The co-director of the Carbon Mitigation Initiative, a joint research project of Princeton University, BP and the Ford Motor Company, Socolow was one of five expert witnesses to testify in the hearing, “America’s Energy Future: Bold Ideas, Practical Solutions.”
The hearing provided background discussion for the Energy Research Act of 2007, introduced Feb. 27 by Senate Finance Committee Chairman Senator Max Baucus (D-Mont.). The legislation would create a new research agency, Advanced Research Projects Agency – Energy, to address the nation’s energy problem.
Socolow told the committee that the energy crisis is made more urgent by the direct conflict between the country’s rush to produce more coal power and the need to address climate change. Burning coal releases more carbon dioxide per kilowatt-hour of energy generated than any other energy source. Capturing the carbon dioxide produced and sequestering it deep underground would prevent the greenhouse gas from reaching the atmosphere, Socolow said. Furthermore, he added, this solution is practical and ready for large-scale deployment today.

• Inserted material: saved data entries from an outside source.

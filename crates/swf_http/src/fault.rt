// How reading and writing a message fail.
ghost use Rattle.std.specs.Prelude.{◌≡◌};
ghost use Rattle.swf_http.specs.declared.fault.HttpFault.TheVariants.{OutOfMemory as ReadLacks};
ghost use Rattle.swf_http.specs.declared.fault.SendFault.TheVariants.{OutOfMemory as WriteLacks};

use std::alloc::AllocError;
use thiserror::Error;

/// Why no message was read.
#[derive(Clone, Copy, Debug, PartialEq, Eq, Error)]
pub enum HttpFault {
    /// A read failed, and the source's count of faults has risen.
    #[error("a read failed")]
    Read,
    /// The source ended within the message.
    #[error("the bytes end within a message")]
    Ended,
    /// The message is larger than one may be.
    #[error("the message is too long")]
    TooLong,
    /// The bytes begin no message.
    #[error("the bytes begin no message")]
    BadMessage,
    #[error("out of memory")]
    OutOfMemory,
}

impl From<AllocError> for HttpFault {
    ghost from_gives = { λ _ fault. fault ≡ ReadLacks };

    fn from(_: AllocError) -> HttpFault {
        HttpFault::OutOfMemory
    }
}

/// Why a message was not written.
#[derive(Clone, Copy, Debug, PartialEq, Eq, Error)]
pub enum SendFault {
    /// A write failed, and the sink's count of faults has risen. A first part of the message may be written.
    #[error("a write failed")]
    Write,
    /// Nothing was written.
    #[error("out of memory")]
    OutOfMemory,
}

impl From<AllocError> for SendFault {
    ghost from_gives = { λ _ fault. fault ≡ WriteLacks };

    fn from(_: AllocError) -> SendFault {
        SendFault::OutOfMemory
    }
}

“Carbon capture and sequestration is commercially mature; it uses proven technologies in new combinations,” Socolow said. The capture techniques have been used for over two decades by some natural gas and coal power plants to collect their carbon dioxide for use by the food industry. Capture and sequestration of carbon dioxide is “likely to become a favorable economic strategy” that would not have a large impact on consumers, but would encourage technological advancement in industry, according to Socolow, a professor of mechanical and aerospace engineering.

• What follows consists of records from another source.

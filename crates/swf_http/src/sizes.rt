// How large a message may be.

/// The most bytes of a head, with the responses before it that are read past.
pub(crate) const MOST_HEAD: usize = 65_536;

/// The most fields of a head or a trailer.
pub(crate) const MOST_FIELDS: usize = 100;

/// The most bytes of a body.
pub(crate) const MOST_BODY: usize = 1_048_576;

/// The most bytes of a body's chunk lines and trailer.
pub(crate) const MOST_LINES: usize = 16_777_216;
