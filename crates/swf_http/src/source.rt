// Where bytes come from.
ghost use Rattle.std.specs.Prelude.{◌≡◌, ◌≤◌, ℕ, List, Option, length, IfOk, OnErr};
ghost use Rattle.std.specs.Option.{ForSome};
ghost use Rattle.swf_store.specs.Faults.{HasCause};
ghost use Rattle.swf_http.specs.Sources.{Gives};

use swf_store::Failed;

/// A source of bytes.
pub trait Source {
    /// What is left, where the source tells it.
    ghost left: { Self → Option (List ℕ) };

    /// How many calls have failed. It never falls.
    ghost faults: { Self → ℕ };

    /// What there is besides these two: its type, and what it is now. No read changes it.
    ghost Beside: { Type 0 };

    ghost beside: { Self → Beside };

    /// Reads some bytes to the front of a buffer. None come, for a buffer with room, only at the end.
    fn read(&mut self, into: &mut [u8]) -> Result<usize, Failed>
        ensures bound { IfOk result (λ n. n ≤ length into.new) }
        ensures gives { ForSome (left self.old) (λ bytes. IfOk result (λ n. Gives n into.new bytes (left self.new))) }
        ensures cause { HasCause (faults self.old) (faults self.new) result }
        ensures kept { OnErr result (left self.new ≡ left self.old) }
        ensures beside { beside self.new ≡ beside self.old };
}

The carbon dioxide collected could breathe new life into old oil fields if injected gas were used to force more oil out of the ground, Socolow said. For example, the carbon dioxide produced in a year by a 1,000 megawatt coal plant would provide enough gas to increase oil production at mature domestic oil fields by 30,000 to 80,000 barrels a day.
Socolow recommended that the committee restrict investment tax credits to coal power plants that capture and sequester the carbon they produce. As multiple capture and storage methods exist, Socolow said the market should be allowed to decide the correct strategy for each circumstance.
“Urgently needed for the current period are policies that give clear and persuasive signals that any new coal plants without carbon capture and sequestration will be penalized, not rewarded, in whatever U.S. climate-change mitigation policy emerges after the current planning period,” Socolow said.